**Exercise requirements**
Return, in their exact form, the lines that lie between the start of the data below and the line containing "ask: &Ask, statement: &Statement)", with both ends included.

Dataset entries
+ + + + +
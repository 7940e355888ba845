// The statements that a round got.

use entity_id::{EntityId, fetch_url};
use entity_statement::{SignedStatement, Statement};
use fed_base::Text;
use resolve_round::{Ask, Search, text_got};
use std::alloc::Global;

// Whether a statement of these names is asked for at the URL.
pub(crate) fn belongs(alloc: Global, search: &Search, ask: &Ask, statement: &Statement) -> bool {
    match place_of(alloc, search, statement) {
        Some(url) => url.as_slice() == ask.url.as_slice(),
        None => false,
    }
}

// The URL at which a statement of these names is asked for.
fn place_of(alloc: Global, search: &Search, statement: &Statement) -> Option<Text> {
    let own = statement.iss.well_known(alloc).ok()?;
    if statement.iss == statement.sub {
        return Some(own);
    }
    let issuer = read_at(alloc, search, &own)?;
    let place = if issuer.statement.iss == statement.iss {
        place_by(alloc, &issuer.statement, &statement.sub)
    } else {
        None
    };
    drop(issuer);
    place
}

// The URL at which an entity of this configuration is asked for its statement about the subject.
fn place_by(alloc: Global, issuer: &Statement, subject: &EntityId) -> Option<Text> {
    let endpoint = issuer.fetch_endpoint()?;
    fetch_url(alloc, endpoint, subject).ok()
}

// The statement that was got at the URL.
pub(crate) fn read_at(alloc: Global, search: &Search, url: &Text) -> Option<SignedStatement> {
    for ask in search.asks.as_slice() {
        if ask.url.as_slice() == url.as_slice() {
            return read_of(alloc, ask);
        }
    }
    None
}

pub(crate) fn read_of(alloc: Global, ask: &Ask) -> Option<SignedStatement> {
    let text = text_got(&ask.got)?;
    SignedStatement::read(alloc, text.as_slice()).ok()?
}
+ + + + +
**Result of the task**
repository 7940e355888ba845
// The statements that a round got.

use entity_id::{EntityId, fetch_url};
use entity_statement::{SignedStatement, Statement};
use fed_base::Text;
use resolve_round::{Ask, Search, text_got};
use std::alloc::Global;

// Whether a statement of these names is asked for at the URL.
pub(crate) fn belongs(alloc: Global, search: &Search, ask: &Ask, statement: &Statement) -> bool {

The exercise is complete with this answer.